» PROBLEM DESCRIPTION: Your reply should hold only the lines from the records below where "IfOk" occurs.

BEGIN SOURCE DATA

// Trees: paths with their bytes, no path under another.
ghost use Rattle.std.specs.Prelude.{◌≡◌, ◌+◌, ◌<◌, ◌≤◌, [], true, Some, length, map, IfOk, OnOk, OnErr, slice_get};
ghost use Rattle.std.specs.FinMap.{is_sorted};
ghost use Rattle.std.specs.Option.{option_copied};
ghost use Rattle.wse_path.specs.Order.{path_cmp};
ghost use Rattle.wse_path.specs.Tree.{content, is_present, put_file, remove_file, set_file, set_files, fits, is_folder, entries_behind, paths_under, file_above, total_bytes, HasRoom, IsTree};

use crate::items::{Bytes, Duplicate, Files};
use crate::memory::Memory;
use crate::path::RelPath;
use crate::path_map::PathMap;
use std::alloc::Global;
use std::marker::Model;

/// A finite map from paths to bytes in which no path is under another. Contracts see its files in path order, that they
/// are a tree, and how many more find room without taking memory.
pub struct Tree {
    map: PathMap<Bytes>,
    ghost is_tree: { IsTree map.entries },
}

// Written out, so that who drops one takes a single step.
impl Drop for Tree {
    fn drop(self) {
        let Tree { map } = self;
        drop(map);
    }
}

impl Model for Tree {
    ghost use Rattle.wse_path.specs.Tree.{TreeState};

    ghost Value = { TreeState };

    ghost view = { λ a. record { files = a.map.entries; is_tree = a.is_tree; spare = a.map.spare } };
}

impl Tree {
    /// A tree without files. It takes no memory until a file is put or room is made.
    #[tactic(auto, using(crate::proofs::TreeLemmas::tree_none))]
    pub fn new(alloc: Global) -> Tree
        ensures { result.files ≡ [] }
    {
        Tree {
            map: PathMap::new(alloc),
        }
    }

    /// The number of files.
    pub fn count(&self) -> usize
        ensures { result ≡ length self.now.files }
    {
        self.map.len()
    }

    /// The bytes of all files, or 2^64-1 where they are more. Takes no memory.
    pub fn bytes(&self) -> u64
        ensures { result ≡ total_bytes self.now.files }
    {
        self.map.sum()
    }

    /// The file with that index in path order.
    pub fn path_at(&self, index: usize) -> Option<&RelPath>
        ensures { option_copied result ≡ slice_get (map (λ e. e.0) self.now.files) index }
    {
        self.map.path_at(index)
    }

    /// The bytes of the file with that index in path order.
    pub fn bytes_at(&self, index: usize) -> Option<&[u8]>
        ensures { option_copied result ≡ slice_get (map (λ e. e.1) self.now.files) index }
    {
        match self.map.as_slice().get(index) {
            Some(entry) => Some(entry.1.as_slice()),
            None => None,
        }
    }

    /// The path and the bytes of the file with that index in path order.
    pub fn file_at(&self, index: usize) -> (&RelPath, &[u8])
        requires { index < length self.now.files }
        ensures { slice_get self.now.files index ≡ Some (result.0.now, result.1.now) }
    {
        let entry = &self.map.as_slice()[index];
        (&entry.0, entry.1.as_slice())
    }

    /// The paths of all files, in path order.
    pub fn paths(&self, alloc: Global) -> Result<Files, Memory>
        ensures { IfOk result (λ paths. paths ≡ map (λ e. e.0) self.now.files) }
    {
        self.map.paths(alloc)
    }

    /// The bytes at the path. Takes no memory.
    pub fn get(&self, path: &RelPath) -> Option<&[u8]>
        ensures { option_copied result ≡ content self.now.files path.now }
    {
        match self.map.get(path) {
            Some(bytes) => Some(bytes.as_slice()),
            None => None,
        }
    }

    /// The entries that come behind the path.
    pub fn behind(&self, path: &RelPath) -> &[(RelPath, Bytes)]
        ensures { result.now ≡ entries_behind self.now.files path.now }
    {
        let entries = self.map.as_slice();
        match self.map.search(path) {
            Ok(at) => &entries[at + 1..],
            Err(at) => &entries[at..],
        }
    }

    /// Whether some file is under the path. Takes no memory.
    pub fn is_folder(&self, path: &RelPath) -> bool
        ensures { result ≡ is_folder self.now.files path.now }
    {
        // All that is under a path comes right behind it.
        match self.behind(path).first() {
            Some(entry) => entry.0.is_under(path),
            None => false,
        }
    }

    /// The files under the path, in path order.
    pub fn under(&self, alloc: Global, path: &RelPath) -> Result<Files, Memory>
        ensures { IfOk result (λ paths. paths ≡ paths_under self.now.files path.now) }
    {
        let mut paths = Vec::new(alloc);
        for entry in self.behind(path) {
            if !entry.0.is_under(path) {
                break;
            }
            paths.push(entry.0.duplicate(alloc)?)?;
        }
        Ok(Files::new(paths))
    }

    /// The file that stands above the path, if there is one. Takes no memory.
    pub fn file_above(&self, path: &RelPath) -> Option<&RelPath>
        ensures { option_copied result ≡ file_above self.now.files path.now }
    {
        let entries = self.map.as_slice();
        match self.map.search(path) {
            // In a tree no file is above another.
            Ok(_) => None,
            Err(0) => None,
            Err(at) => {
                // Only the last file before it can be above it: one between the two would be under the other.
                let before = &entries[at - 1].0;
                if path.is_under(before) {
                    Some(before)
                } else {
                    None
                }
            }
        }
    }

    /// Whether nothing is at, above or under the path. Takes no memory.
    #[tactic(auto, using(crate::proofs::TreeLemmas::fits_is))]
    pub fn fits(&self, path: &RelPath) -> bool
        ensures { result ≡ fits self.now.files path.now }
    {
        self.get(path).is_none() && self.file_above(path).is_none() && !self.is_folder(path)
    }

    /// Puts the bytes at the path, in place of what is there. After Memory the tree is as it was, with no less room.
    pub fn put(&mut self, path: RelPath, bytes: Bytes) -> Result<(), Memory>
        requires { HasRoom self.old.files path }
        ensures ok { OnOk result (self.new.files ≡ put_file self.old.files path bytes) }
        ensures memory { OnErr result (self.new.files ≡ self.old.files) }
        ensures kept { OnErr result (self.old.spare ≤ self.new.spare) }
    {
        self.map.put(path, bytes)?;
        Ok(())
    }

    /// Makes room for that many more files.
    pub fn reserve(&mut self, extra: usize) -> Result<(), Memory>
        ensures same { self.new.files ≡ self.old.files }
        ensures room { OnOk result (extra ≤ self.new.spare) }
        ensures kept { self.old.spare ≤ self.new.spare }
    {
        self.map.reserve(extra)
    }

    /// Puts the bytes at the path into room that is there. Takes no memory, and one of the room at most.
    pub fn put_reserved(&mut self, path: RelPath, bytes: Bytes)
        requires free { HasRoom self.old.files path }
        requires room { 0 < self.old.spare }
        ensures files { self.new.files ≡ put_file self.old.files path bytes }
        ensures spare { self.old.spare ≤ self.new.spare + 1 }
    {
        self.map.put_reserved(path, bytes);
    }

    /// Takes the path away, and answers whether it was there. Takes no memory.
    pub fn remove(&mut self, path: &RelPath) -> bool
        ensures files { self.new.files ≡ remove_file self.old.files path.now }
        ensures was { result ≡ is_present self.old.files path.now }
        ensures spare { self.old.spare ≤ self.new.spare }
    {
        self.map.remove(path)
    }

    /// Sets each path to its bytes, or takes it away where it has none, in room that is there. Takes no memory. It costs a
    /// search for each path; where more than a few come or go, one pass over the files from the first of them on.
    pub fn set_all(&mut self, contents: Vec<(RelPath, Option<Bytes>)>)
        requires rises { is_sorted path_cmp contents.items ≡ true }
        requires tree { IsTree (set_files contents.items self.old.files) }
        requires room { length contents.items ≤ self.old.spare }
        ensures files { self.new.files ≡ set_files contents.items self.old.files }
        ensures spare { self.old.spare ≤ self.new.spare + length contents.items }
    {
        self.map.update_all(contents);
    }

    /// A tree with the same files. How much room it has is its own matter, so this isn't `Duplicate`, whose copies are equal
    /// in all that contracts see.
    pub fn duplicate(&self, alloc: Global) -> Result<Tree, Memory>
        ensures { IfOk result (λ copy. copy.files ≡ self.now.files) }
    {
        let map = self.map.duplicate(alloc)?;
        Ok(Tree { map })
    }
}

/// Whether the files are the same. How much room there is doesn't count.
impl PartialEq for Tree {
    ghost use Rattle.std.specs.Prelude.{◌≡◌, ◌↔◌, IsTrue};
    ghost use Rattle.std.specs.Cmp.{on_per};
    ghost use Rattle.wse_path.specs.Tree.{same_files, same_files_laws};

    ghost eq = { λ a b. same_files a.files b.files };

    ghost laws = { on_per (λ t. t.files) same_files_laws };

    fn eq(&self, other: &Tree) -> bool
        ensures eq { result ≡ same_files self.now.files other.now.files }
        ensures same { IsTrue result ↔ (self.now.files ≡ other.now.files) }
    {
        self.map.as_slice() == other.map.as_slice()
    }
}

END SOURCE DATA

» RESULT FOR THIS TASK:
ghost use Rattle.std.specs.Prelude.{◌≡◌, ◌+◌, ◌<◌, ◌≤◌, [], true, Some, length, map, IfOk, OnOk, OnErr, slice_get};
        ensures { IfOk result (λ paths. paths ≡ map (λ e. e.0) self.now.files) }
        ensures { IfOk result (λ paths. paths ≡ paths_under self.now.files path.now) }
        ensures { IfOk result (λ copy. copy.files ≡ self.now.files) }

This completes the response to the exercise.